# IRA withdrawal question



## Carmonli (Jul 1, 2014)

I'm the US citizen; my husband is a non-resident. We live in Israel.

He has a small IRA account that was started when he worked in the US in the mid-1980s, totalling less than $9,000. He's now 64 and wants to withdraw the money and deposit it in our (shared) US bank account. The IRA is closed in a CD that will be finishing its term in a couple of weeks.

My question is this: what are the tax implications of withdrawing from the IRA? I fill out my tax return as married filing separately. He doesn't file at all, and doesn't want to start. Will the bank automatically deduct the taxes owed (if any)? Would this money be considered as (shared) income? What is the most pain-free way to handle this situation?

Thanks!


----------



## Bevdeforges (Nov 16, 2007)

If the bank has a W8-BEN on file for him (as a non-resident alien), then they are supposed to withhold 30% of whatever he withdraws as the NRA tax. He won't have to file any sort of return if they do so. And at that point you're both all square with the IRS.


----------



## Carmonli (Jul 1, 2014)

Thanks, I don't think they've ever asked him to sign one. Can we be proactive and ask for that? Would that set off any alarms?


----------



## Bevdeforges (Nov 16, 2007)

You can certainly ask them about filing a W8 BEN, or you can just download the form from the IRS website and send it when you send your request to liquidate the CD.


----------



## JustLurking (Mar 25, 2015)

Bevdeforges said:


> If the bank has a W8-BEN on file for him (as a non-resident alien), then they are supposed to withhold 30% of whatever he withdraws as the NRA tax. He won't have to file any sort of return if they do so. And at that point you're both all square with the IRS.
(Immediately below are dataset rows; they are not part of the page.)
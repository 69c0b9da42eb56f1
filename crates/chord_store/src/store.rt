//! What every store does.
ghost use Rattle.std.specs.Prelude.{◌≡◌, ◌≤◌, ◌<◌, ℕ, [], true, List, length, IfOk, IsOk, IfSome, IfNone};
ghost use Rattle.chord_ident.specs.Circle.{cuts, key_id};
ghost use Rattle.chord_map.specs.Copies.{AreFew};
ghost use Rattle.chord_map.specs.declared.pair.Pair.{Pair};
ghost use Rattle.chord_map.specs.Map.{has_pair, remove_pair, values_at};
ghost use Rattle.chord_map.specs.Pairs.{IsRising};
ghost use Rattle.chord_store.specs.Cut.{CutsLeaveFewer, IsShort, part_up_to};
ghost use Rattle.chord_store.specs.Inside.{pairs_inside, pairs_outside};
ghost use Rattle.chord_store.specs.Store.{HasFew, InsertIs, PutAllIs};

use crate::outcome::{Inserted, StoreFault};
use chord_ident::{Id, Span};
use chord_map::{Bytes, Pair, Values};
use std::alloc::{AllocError, Global};

/// A map of sets of at most 1,000 values, as the sorted list of its pairs, with a limit on their
/// number. Who asks for a key gives its identifier too, so a store that looks keys up by identifier
/// computes no digest.
pub trait EntryStore: Drop {
    ghost content: { Self → List Pair };

    ghost limit: { Self → ℕ };

    /// Adds the value to the set under the key. Present and SetFull are answered before the limit
    /// is checked, and memory comes last.
    fn insert(&mut self, id: Id, key: &Bytes, value: &Bytes) -> Result<Inserted, StoreFault>
        requires { id.number ≡ key_id key.now }
        ensures answer { InsertIs (record { key = key.now; value = value.now }) (content self.old) (limit self.old) result (content self.new) }
        ensures limit { limit self.new ≡ limit self.old };

    /// Removes the value from the set under the key, and answers whether it was there.
    fn remove(&mut self, id: Id, key: &Bytes, value: &[u8]) -> bool
        requires { id.number ≡ key_id key.now }
        ensures was_there { result ≡ has_pair (record { key = key.now; value = value.now }) (content self.old) }
        ensures change { content self.new ≡ remove_pair (record { key = key.now; value = value.now }) (content self.old) }
        ensures limit { limit self.new ≡ limit self.old };

    /// Drops the pairs whose keys lie in the span.
    fn take_out(&mut self, span: &Span)
        ensures change { content self.new ≡ pairs_outside span.now (content self.old) }
        ensures limit { limit self.new ≡ limit self.old };

    /// Drops the pairs whose keys lie in the span; these are their
    /// copies. A tree looks each of them up and scans nothing; a list
    /// moves all that is behind the first one anyway, so it scans once.
    fn drop_copied(&mut self, span: &Span, copies: &[Pair])
        requires { pairs_inside span.now (content self.old) ≡ copies.now }
        ensures change { content self.new ≡ pairs_outside span.now (content self.old) }
        ensures limit { limit self.new ≡ limit self.old };

    /// The number of its pairs.
    fn count(&self) -> u64
        ensures count { result ≡ length (content self.now) }
        ensures rising { IsRising (content self.now) }
        ensures few { HasFew (content self.now) };

    /// The values under the key, in byte order. None, or
    /// a single one of up to 24 bytes, needs no memory.
    fn values(&self, alloc: Global, id: Id, key: &Bytes) -> Result<Values, AllocError>
        requires { id.number ≡ key_id key.now }
        ensures copy { IfOk result (λ values. values ≡ values_at key.now (content self.now)) }
        ensures few { AreFew (values_at key.now (content self.now)) → IsOk result };

    /// Copies of the pairs whose keys lie in the span, by
    /// key and then by value. Copying none needs no memory.
    fn copy_span(&self, alloc: Global, span: &Span) -> Result<Vec<Pair>, AllocError>
        ensures copies { IfOk result (λ pairs. pairs.items ≡ pairs_inside span.now (content self.now)) }
        ensures none { pairs_inside span.now (content self.now) ≡ [] → IsOk result };

    /// An identifier of the span at which a cut leaves at least `n` and at most `most` pairs before
    /// it. If that is not found by few looks, the first one at which a cut leaves at least `n`, or
    /// none where no cut does. A tree reads the shards of some parts of the span: it doubles a part
    /// until it has `n` pairs, and halves it down to the first identifier unless it has at most
    /// `most`. A list goes over all its pairs for each look.
    fn cut_after(&self, span: &Span, n: u64, most: u64) -> Option<Id>
        requires { 0 < n }
        ensures cut { IfSome result (λ at. cuts span.now at ≡ true) }
        ensures enough { IfSome result (λ at. n ≤ length (pairs_inside (part_up_to span.now at) (content self.now))) }
        ensures short { IfSome result (λ at. IsShort (part_up_to span.now at) n most (content self.now)) }
        ensures none { IfNone result (CutsLeaveFewer span.now n (content self.now)) };

    /// Adds the pairs, which lie in a span where the store has none: all of them or none.
    fn put_all(&mut self, span: &Span, pairs: &[Pair]) -> Result<(), StoreFault>
        requires vacant { pairs_inside span.now (content self.old) ≡ [] }
        requires within { pairs_inside span.now pairs.now ≡ pairs.now }
        requires rising { IsRising pairs.now }
        requires few { (key : List ℕ) → length (values_at key pairs.now) ≤ 1000 }
        ensures answer { PutAllIs pairs.now (content self.old) (limit self.old) result (content self.new) }
        ensures limit { limit self.new ≡ limit self.old };
}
Israel has a tax treaty with the US that provides for pension withdrawals being exclusively taxable to country of residence (so Israel, in this case). From Article 20(1):


> 1. Except as provided in Article 22 (Governmental Functions), pensions and other similar remuneration paid to an individual shall be taxable only in the Contracting State of which he is a resident.


With a valid W-8BEN on file, then, the bank should withhold nothing at all for US tax. If they do, anything withheld should be recoverable from the IRS via forms 1040NR and 8833.

See also the IRS's table of tax treaty withholding rates for nonresident aliens:

https://www.irs.gov/pub/irs-utl/Tax_Treaty_Table_1_2019_Feb.pdf


----------